One reasonably early confirmation of the conservative position was in the Peace Committee report which can be found on pp. 54-55 of the Annual of the Southern Baptist Convention 1987. That Report stated, "In meeting after meeting ... talk turned to the nature of inspiration of the Scriptures ... Gradually it became clear that while there might be other theological differences, the authority of the Word of God is the focus of differences. The primary source of the controversy in the Southern Baptist Convention is the Bible; more specifically, the ways in which the Bible is viewed."

In spite of the fact that the Peace Committee was comprised of approximately equal numbers of conservatives, moderates, and unaligned members, numbers of the more vocal and visible liberals continued to charge the dispute was only a power play, that there was really no substantive theological issue.

However, Dr. Cecil Sherman, one of the pre-eminent liberal leaders and the first executive director of the Cooperative Baptist Fellowship, faced the issue frankly.

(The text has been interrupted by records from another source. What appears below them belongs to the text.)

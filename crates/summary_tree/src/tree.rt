//! The calls: a tree, its reserved places and its count of steps.

ghost use Rattle.std.specs.Prelude.{◌≡◌, ◌+◌, ◌*◌, ◌^◌, ◌<◌, ◌≤◌, ℕ, [], length, is_some, if◌then◌else◌, OnOk, OnErr, max, ◌-◌, min};
ghost use Rattle.summary_tree.specs.Order.{AreInOrder, HasNoneAt, with_item, without_item, item_at, with_replaced};

use crate::node::Tree;
use crate::node_pool::NodePool;
use crate::{Keyed, Summarizes};
use intervals::Memory;
use std::alloc::Global;
use std::marker::Model;

/// Items of different keys, and reserved places for more.
#[derive(Drop)]
pub struct SummaryTree<T: Keyed, S: Summarizes<T>> {
    tree: Tree<T, S>,
    places: NodePool<T, S>,
    steps: u64,
}

impl<T: Keyed, S: Summarizes<T>> Model for SummaryTree<T, S> {
    ghost use Rattle.summary_tree.specs.Order.{TreeContents, IsTreeOf};

    ghost Value = { TreeContents T };

    ghost view = { λ t. record { items = t.tree.items; free = t.places.free; steps = t.steps } };

    ghost invariant = { λ t. IsTreeOf T.key T.comes_before t.tree.items t.places.taken };
}

impl<T: Keyed, S: Summarizes<T>> SummaryTree<T, S> {
    /// A tree of no items and no places.
    pub fn new(alloc: Global) -> Self
        ensures items { result.items ≡ [] }
        ensures free { result.free ≡ 0 }
        ensures steps { result.steps ≡ 0 }
    {
        SummaryTree {
            tree: Tree::new(),
            places: NodePool::new(alloc),
            steps: 0,
        }
    }

    /// How many items it holds.
    pub fn len(&self) -> usize
        ensures { result ≡ length self.now.items }
    {
        self.places.taken()
    }

    /// How many items can be inserted without memory.
    pub fn free(&self) -> usize
        ensures { result ≡ self.now.free }
    {
        self.places.free()
    }

    /// How many times insertions, removals and replacements went from a node to one of its sides; the count ends
    /// at `u64::MAX`.
    pub fn steps(&self) -> u64
        ensures { result ≡ self.now.steps }
    {
        self.steps
    }

    /// The tree of boxes, to look things up in.
    pub fn tree(&self) -> &Tree<T, S>
        ensures items { result.now.items ≡ self.now.items }
        ensures order { AreInOrder T.key T.comes_before self.now.items }
    {
        &self.tree
    }

    /// The item of that key.
    pub fn get(&self, key: T::Key) -> Option<T>
        ensures { result ≡ item_at T.key T.same key self.now.items }
    {
        self.tree.get(key)
    }

    /// Makes room for that many more items. It fails where memory is refused, or where so many places cannot be
    /// counted.
    pub fn reserve(&mut self, places: usize) -> Result<(), Memory>
        ensures items { self.new.items ≡ self.old.items }
        ensures steps { self.new.steps ≡ self.old.steps }
        ensures free { OnOk result (self.new.free ≡ max self.old.free places) }
        ensures err { OnErr result (self.new ≡ self.old) }
        ensures memory { OnErr result (self.old.free < places) }
    {
        self.places.reserve(places)
    }

    /// Puts an item of a new key into a reserved place.
    #[tactic(auto, using(crate::proofs::Low::low_within))]
    pub fn insert(&mut self, item: T)
        requires room { 0 < self.old.free }
        requires new_key { HasNoneAt T.key (T.key item) self.old.items }
        ensures items { self.new.items ≡ with_item T.key T.comes_before item self.old.items }
        ensures free { self.new.free + 1 ≡ self.old.free }
        ensures steps { (d : ℕ) → length self.old.items < 2 ^ d → self.new.steps ≤ self.old.steps + 2 * d }
        ensures rises { self.old.steps ≤ self.new.steps }
        ensures counts { 0 < length self.old.items → min (self.old.steps + 1) (2 ^ 64 - 1) ≤ self.new.steps }
    {
        T::keys_are_in_one_order();
        // The number of places bounds the items, and so the height.
        let _ = (self.tree.height(), self.places.taken());
        let place = self.places.take(item);
        let _ = self.tree.insert(place, &mut self.steps);
    }

    /// Takes the item of that key out. Its place stays reserved.
    pub fn remove(&mut self, key: T::Key) -> Option<T>
        ensures item { result ≡ item_at T.key T.same key self.old.items }
        ensures items { self.new.items ≡ without_item T.key T.same key self.old.items }
        ensures free { self.new.free ≡ (if is_some result then self.old.free + 1 else self.old.free) }
        ensures steps { (d : ℕ) → length self.old.items < 2 ^ d → self.new.steps ≤ self.old.steps + 2 * d }
        ensures rises { self.old.steps ≤ self.new.steps }
    {
        T::keys_are_in_one_order();
        let _ = self.tree.height();
        let (taken, _) = self.tree.remove(key, &mut self.steps);
        let Some(place) = taken else {
            return None;
        };
        let item = place.item;
        self.places.give(place);
        Some(item)
    }

    /// Puts an item in the place of the one that has its key; where there is none nothing changes.
    pub fn replace(&mut self, item: T)
        ensures items { self.new.items ≡ with_replaced T.key T.same item self.old.items }
        ensures free { self.new.free ≡ self.old.free }
        ensures steps { (d : ℕ) → length self.old.items < 2 ^ d → self.new.steps ≤ self.old.steps + 2 * d }
        ensures rises { self.old.steps ≤ self.new.steps }
    {
        T::keys_are_in_one_order();
        let _ = self.tree.height();
        let _ = self.tree.replace(&item, &mut self.steps);
    }
}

He is quoted in The Struggle for the Soul of the SBC (a book written by a moderate and published by the moderate Mercer University Press, 1993) on pp. 29-30, "Again and again it was said, 'This is just apolitical spat between two contending groups.' Nothing could be further from the truth. Two groups did politic because they disagreed on basic theology and polity. Where the Fundamentalists are going to take the Southern Baptist Convention is to their theology. Where the Moderates would have taken the Southern Baptist Convention is to their theology. And the theology of the two groups was, is, and will be quite different."

Now another liberal "name in the news" has made a very similar admission. In the September 2000 issue of the liberal newspaper Baptists Today there is an interview with the very active David Currie, coordinator of Texas Baptists Committed and one of the leaders in bringing the Baptist General Convention of Texas to distance itself from the SBC.

"Question: What impact will the recent revisions to the Baptist Faith & Message, and the rejection by SBC messengers of Texas Baptist leader Charles Wade's amendment to reinsert language from the early document, have on Texas Baptists?

"Answer: What that event clarified for a lot of people -- much more so than Dilday's firing -- was that this is theological. I'm always telling folks this is (about) theology. It's about the character and nature of God. It's about the gospel message. It's about the way we witness."

So there you have it, folks. Direct from the mouths of leading liberals, not from anyone or anything that could be considered fundamentalist propaganda: The basic question among Southern Baptists is theology. Most simply it is, where are you going to stand? With those who accept the Bible as God's fully authoritative written Word? Or with those who believe the Bible is merely a human book subject to human errors and mistakes?